### Records for this exercise ###

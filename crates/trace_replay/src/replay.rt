//! The replay itself: the setup line first, and then the lines.

ghost use Rattle.std.specs.Prelude.{◌≡◌, ◌++◌, ◌≤◌, IfErr, IfOk, IsTrue, OnOk, [], false};
ghost use Rattle.std.specs.Io.KnownBytes.{Appends};
ghost use Rattle.flat_policy.specs.Texts.Lines.{newline};
ghost use Rattle.flat_policy.specs.Texts.SetupLines.{setup_text};
ghost use Rattle.trace_replay.specs.Firsts.{IsFirstLine, ReadsSetup, StopsBegin, StopsFirst};
ghost use Rattle.trace_replay.specs.Traces.{IsBegun};
ghost use Rattle.trace_replay.specs.Statuses.{HasReadCause, HasWriteCause, PutsExactly, PutsOnce, ReadsExactly};
ghost use Rattle.trace_replay.specs.UnderWay.{HasEnded};

use crate::lines::answer_lines;
use crate::status::ReplayStatus;
use crate::trace::Trace;
use flat_policy::cluster::Cluster;
use flat_policy::setup::Setup;
use flat_policy::texts::SetupFault;
use ports::{Failed, Fed, LineFeed, Sink, Source, put_all};
use sched_base::limits::SETUP_BYTES;
use setup_json::{SetupError, read_setup, write_setup};
use std::alloc::{AllocError, Global};

/// The most bytes of the setup line, without its newline.
const SETUP_LIMIT: u32 = SETUP_BYTES as u32;

/// The status of a setup line with a fault.
fn bad_setup(what: SetupFault) -> ReplayStatus
    ensures { result ≡ ReplayStatus.BadSetup what }
{
    ReplayStatus::BadSetup { what }
}

/// The setup that a line states.
fn setup_of(alloc: Global, line: &[u8]) -> Result<Setup, ReplayStatus>
    ensures { ReadsSetup line.now result }
{
    match read_setup(alloc, line) {
        Ok(setup) => Ok(setup),
        Err(SetupError::Fault(what)) => Err(ReplayStatus::BadSetup { what }),
        Err(SetupError::Memory) => Err(ReplayStatus::OutOfMemory),
    }
}

/// Takes the setup line. An error is what ends the replay before any line of a step.
fn first_line<S: Source>(
    alloc: Global,
    feed: &mut LineFeed,
    source: &mut S,
) -> Result<Setup, ReplayStatus>
    requires fresh { feed.old ≡ record { line = []; held = []; passed = 0; done = false } }
    ensures ok { IfOk result (λ setup. IsFirstLine setup (S.left source.old) feed.new (S.left source.new)) }
    ensures err { IfErr result (λ status. StopsFirst (S.left source.old) (S.left source.new) status) }
    ensures unlike { IfErr result (λ status. ¬ (status ≡ ReplayStatus.WriteFault)) }
    ensures cause { IfErr result (λ status. HasReadCause (S.faults source.old) (S.faults source.new) status) }
    ensures later { S.faults source.old ≤ S.faults source.new }
    ensures goes { IsTrue S.is_exact → OnOk result (S.faults source.new ≡ S.faults source.old) }
    ensures exact { IsTrue S.is_exact → IfErr result (λ status. ReadsExactly (S.faults source.old) (S.faults source.new) (S.is_failing source.new) status) }
{
    match feed.next(source, SETUP_LIMIT) {
        Fed::Line => setup_of(alloc, feed.line()),
        Fed::Long => Err(bad_setup(SetupFault::Long)),
        Fed::Unfinished => Err(bad_setup(SetupFault::Unfinished)),
        Fed::End => Err(bad_setup(SetupFault::Unfinished)),
        Fed::Fault => Err(ReplayStatus::ReadFault),
        Fed::Over => Err(ReplayStatus::TooLong),
    }
}

/// The canonical line of a setup, with its newline.
fn setup_line(alloc: Global, setup: &Setup) -> Result<Vec<u8>, AllocError>
    ensures { IfOk result (λ line. line.items ≡ setup_text setup.now ++ newline) }
{
    let mut line = write_setup(alloc, setup)?;
    line.push(b'\n')?;
    Ok(line)
}

/// Writes the canonical setup line, and begins the replay behind it. An error is `WriteFault` or
/// `OutOfMemory`; on the latter nothing is written.
fn begin<C: Cluster, K: Sink>(
    alloc: Global,
    setup: Setup,
    sink: &mut K,
) -> Result<Trace<C>, ReplayStatus>
    ensures ok { IfOk result (λ trace. IsBegun setup trace × Appends (K.taken sink.old) (K.taken sink.new) (setup_text setup ++ newline)) }
    ensures err { IfErr result (λ status. StopsBegin setup (K.taken sink.old) (K.taken sink.new) status) }
    ensures cause { IfErr result (λ status. HasWriteCause (K.faults sink.old) (K.faults sink.new) status) }
    ensures later { K.faults sink.old ≤ K.faults sink.new }
    ensures goes { IsTrue K.is_exact → OnOk result (K.faults sink.new ≡ K.faults sink.old) }
    ensures exact { IsTrue K.is_exact → IfErr result (λ status. PutsExactly (K.faults sink.old) (K.faults sink.new) (K.is_failing sink.new) status) }
{
    let line = setup_line(alloc, &setup)?;
    let trace = Trace::new(alloc, setup)?;
    if let Err(Failed) = put_all(sink, &line) {
        trace.end();
        return Err(ReplayStatus::WriteFault);
    }
    Ok(trace)
}

/// Replays a trace over one kind of cluster: reads the setup line and the lines of steps from the
/// source, and writes them to the sink, canonical and with their answers.
pub(crate) fn replay<C: Cluster, S: Source, K: Sink>(
    alloc: Global,
    source: &mut S,
    sink: &mut K,
) -> ReplayStatus
    ensures ended { HasEnded (S.left source.old) (K.taken sink.old) (S.left source.new) (K.taken sink.new) result }
    ensures read_cause { HasReadCause (S.faults source.old) (S.faults source.new) result }
    ensures write_cause { HasWriteCause (K.faults sink.old) (K.faults sink.new) result }
    ensures read_later { S.faults source.old ≤ S.faults source.new }
    ensures write_later { K.faults sink.old ≤ K.faults sink.new }
    ensures read_exact { IsTrue S.is_exact → ReadsExactly (S.faults source.old) (S.faults source.new) (S.is_failing source.new) result }
    ensures write_exact { IsTrue K.is_exact → PutsOnce (K.faults sink.old) (K.faults sink.new) (K.is_failing sink.new) result }
{
    let Ok(mut feed) = LineFeed::new(alloc) else {
        return ReplayStatus::OutOfMemory;
    };
    let setup = match first_line(alloc, &mut feed, source) {
        Ok(setup) => setup,
        Err(status) => return status,
    };
    let mut trace: Trace<C> = match begin(alloc, setup, sink) {
        Ok(trace) => trace,
        Err(status) => return status,
    };
    let status = answer_lines(&mut trace, &mut feed, source, sink);
    trace.end();
    status
}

###

What is expected:
From top to bottom, please output the material exactly.

Response to the exercise:
filename crates/trace_replay/src/replay.rt
//! The replay itself: the setup line first, and then the lines.

ghost use Rattle.std.specs.Prelude.{◌≡◌, ◌++◌, ◌≤◌, IfErr, IfOk, IsTrue, OnOk, [], false};
ghost use Rattle.std.specs.Io.KnownBytes.{Appends};
ghost use Rattle.flat_policy.specs.Texts.Lines.{newline};
ghost use Rattle.flat_policy.specs.Texts.SetupLines.{setup_text};
ghost use Rattle.trace_replay.specs.Firsts.{IsFirstLine, ReadsSetup, StopsBegin, StopsFirst};
ghost use Rattle.trace_replay.specs.Traces.{IsBegun};
ghost use Rattle.trace_replay.specs.Statuses.{HasReadCause, HasWriteCause, PutsExactly, PutsOnce, ReadsExactly};
ghost use Rattle.trace_replay.specs.UnderWay.{HasEnded};

use crate::lines::answer_lines;
use crate::status::ReplayStatus;
use crate::trace::Trace;
use flat_policy::cluster::Cluster;
use flat_policy::setup::Setup;
use flat_policy::texts::SetupFault;
use ports::{Failed, Fed, LineFeed, Sink, Source, put_all};
use sched_base::limits::SETUP_BYTES;
use setup_json::{SetupError, read_setup, write_setup};
use std::alloc::{AllocError, Global};

/// The most bytes of the setup line, without its newline.
const SETUP_LIMIT: u32 = SETUP_BYTES as u32;

/// The status of a setup line with a fault.
fn bad_setup(what: SetupFault) -> ReplayStatus
    ensures { result ≡ ReplayStatus.BadSetup what }
{
    ReplayStatus::BadSetup { what }
}

/// The setup that a line states.
fn setup_of(alloc: Global, line: &[u8]) -> Result<Setup, ReplayStatus>
    ensures { ReadsSetup line.now result }
{
    match read_setup(alloc, line) {
        Ok(setup) => Ok(setup),
        Err(SetupError::Fault(what)) => Err(ReplayStatus::BadSetup { what }),
        Err(SetupError::Memory) => Err(ReplayStatus::OutOfMemory),
    }
}

/// Takes the setup line. An error is what ends the replay before any line of a step.
fn first_line<S: Source>(
    alloc: Global,
    feed: &mut LineFeed,
    source: &mut S,
) -> Result<Setup, ReplayStatus>
    requires fresh { feed.old ≡ record { line = []; held = []; passed = 0; done = false } }
    ensures ok { IfOk result (λ setup. IsFirstLine setup (S.left source.old) feed.new (S.left source.new)) }
    ensures err { IfErr result (λ status. StopsFirst (S.left source.old) (S.left source.new) status) }
    ensures unlike { IfErr result (λ status. ¬ (status ≡ ReplayStatus.WriteFault)) }
    ensures cause { IfErr result (λ status. HasReadCause (S.faults source.old) (S.faults source.new) status) }
    ensures later { S.faults source.old ≤ S.faults source.new }
    ensures goes { IsTrue S.is_exact → OnOk result (S.faults source.new ≡ S.faults source.old) }
    ensures exact { IsTrue S.is_exact → IfErr result (λ status. ReadsExactly (S.faults source.old) (S.faults source.new) (S.is_failing source.new) status) }
{
    match feed.next(source, SETUP_LIMIT) {
        Fed::Line => setup_of(alloc, feed.line()),
        Fed::Long => Err(bad_setup(SetupFault::Long)),
        Fed::Unfinished => Err(bad_setup(SetupFault::Unfinished)),
        Fed::End => Err(bad_setup(SetupFault::Unfinished)),
        Fed::Fault => Err(ReplayStatus::ReadFault),
        Fed::Over => Err(ReplayStatus::TooLong),
    }
}

/// The canonical line of a setup, with its newline.
fn setup_line(alloc: Global, setup: &Setup) -> Result<Vec<u8>, AllocError>
    ensures { IfOk result (λ line. line.items ≡ setup_text setup.now ++ newline) }
{
    let mut line = write_setup(alloc, setup)?;
    line.push(b'\n')?;
    Ok(line)
}

/// Writes the canonical setup line, and begins the replay behind it. An error is `WriteFault` or
/// `OutOfMemory`; on the latter nothing is written.
fn begin<C: Cluster, K: Sink>(
    alloc: Global,
    setup: Setup,
    sink: &mut K,
) -> Result<Trace<C>, ReplayStatus>
    ensures ok { IfOk result (λ trace. IsBegun setup trace × Appends (K.taken sink.old) (K.taken sink.new) (setup_text setup ++ newline)) }
    ensures err { IfErr result (λ status. StopsBegin setup (K.taken sink.old) (K.taken sink.new) status) }
    ensures cause { IfErr result (λ status. HasWriteCause (K.faults sink.old) (K.faults sink.new) status) }
    ensures later { K.faults sink.old ≤ K.faults sink.new }
    ensures goes { IsTrue K.is_exact → OnOk result (K.faults sink.new ≡ K.faults sink.old) }
    ensures exact { IsTrue K.is_exact → IfErr result (λ status. PutsExactly (K.faults sink.old) (K.faults sink.new) (K.is_failing sink.new) status) }
{
    let line = setup_line(alloc, &setup)?;
    let trace = Trace::new(alloc, setup)?;
    if let Err(Failed) = put_all(sink, &line) {
        trace.end();
        return Err(ReplayStatus::WriteFault);
    }
    Ok(trace)
}

/// Replays a trace over one kind of cluster: reads the setup line and the lines of steps from the
/// source, and writes them to the sink, canonical and with their answers.
pub(crate) fn replay<C: Cluster, S: Source, K: Sink>(
    alloc: Global,
    source: &mut S,
    sink: &mut K,
) -> ReplayStatus
    ensures ended { HasEnded (S.left source.old) (K.taken sink.old) (S.left source.new) (K.taken sink.new) result }
    ensures read_cause { HasReadCause (S.faults source.old) (S.faults source.new) result }
    ensures write_cause { HasWriteCause (K.faults sink.old) (K.faults sink.new) result }
    ensures read_later { S.faults source.old ≤ S.faults source.new }
    ensures write_later { K.faults sink.old ≤ K.faults sink.new }
    ensures read_exact { IsTrue S.is_exact → ReadsExactly (S.faults source.old) (S.faults source.new) (S.is_failing source.new) result }
    ensures write_exact { IsTrue K.is_exact → PutsOnce (K.faults sink.old) (K.faults sink.new) (K.is_failing sink.new) result }
{
    let Ok(mut feed) = LineFeed::new(alloc) else {
        return ReplayStatus::OutOfMemory;
    };
    let setup = match first_line(alloc, &mut feed, source) {
        Ok(setup) => setup,
        Err(status) => return status,
    };
    let mut trace: Trace<C> = match begin(alloc, setup, sink) {
        Ok(trace) => trace,
        Err(status) => return status,
    };
    let status = answer_lines(&mut trace, &mut feed, source, sink);
    trace.end();
    status
}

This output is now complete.